The decision in Peter Deppe v. NCAA, 17-2275, affirmed District Judge Tanya Walton Pratt’s dismissal of the suit on the pleadings in federal court in Indianapolis.

Plaintiff Peter Deppe chose to play Division I college football as a walk-on punter at Northern Illinois University, where he enrolled in June 2014. An NIU coach told him he would receive an athletic scholarship in January 2015, but the school later signed another punter. Because his chances of receiving a scholarship were reduced, Deppe began looking around for another school. The University of Iowa was interested if he could compete for the 2016-2017 season, but the NCAA deemed him ineligible under its year-in-residence rule.

Deppe sued the NCAA, proposing to certify a class of college athletes challenging the NCAA’s year-in-residence rule. Pratt granted NCAA’s motion to dismiss the case, and the 7th Circuit agreed Monday.

“The year-in-residence requirement is an eligibility rule clearly meant to preserve the amateur character of college athletics and is therefore presumptively procompetitive under NCAA v. Board of Regents of University of Oklahoma, 468 U.S. 85 (1984), and Agnew v.
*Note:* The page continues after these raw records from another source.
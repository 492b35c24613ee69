//! What a reading of a head gives.

use thiserror::Error;

/// How far a head has come.
#[derive(Debug, Drop)]
pub enum Progress<T> {
    /// No head has ended yet, and there is room for more bytes.
    More,
    /// The head, and its length in bytes: what it is followed by begins there.
    Whole(T, usize),
}

/// Why bytes are no head. More bytes never mend them.
#[derive(Clone, Copy, Debug, PartialEq, Eq, Error)]
pub enum HeadFault {
    /// The front that ends as a head does is not one by the grammar of HTTP/1.
    #[error("bad head")]
    BadHead,
    /// The head has more than 64 header lines.
    #[error("too many headers")]
    TooManyHeaders,
    /// 8192 bytes have come, and no head ends among them.
    #[error("head too long")]
    HeadTooLong,
}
NCAA, 683 F.3d 328 (7th Cir. 2012),” Judge Diane S. Sykes wrote for the panel.

Deppe also argued the NCAA enforces the rule for economic reasons rather than to preserve the amateur nature of college football, and that the rule “preserves the hegemony of the top ‘Power 5’ conferences — the most powerful group of schools in the NCAA.”

The panel likewise discarded those claims. “But the rule impedes transfers in both directions,” the panel concluded. “Without it, the ‘Power 5’ schools could poach rising stars from smaller schools, which would risk eroding the amateur character of the college game.”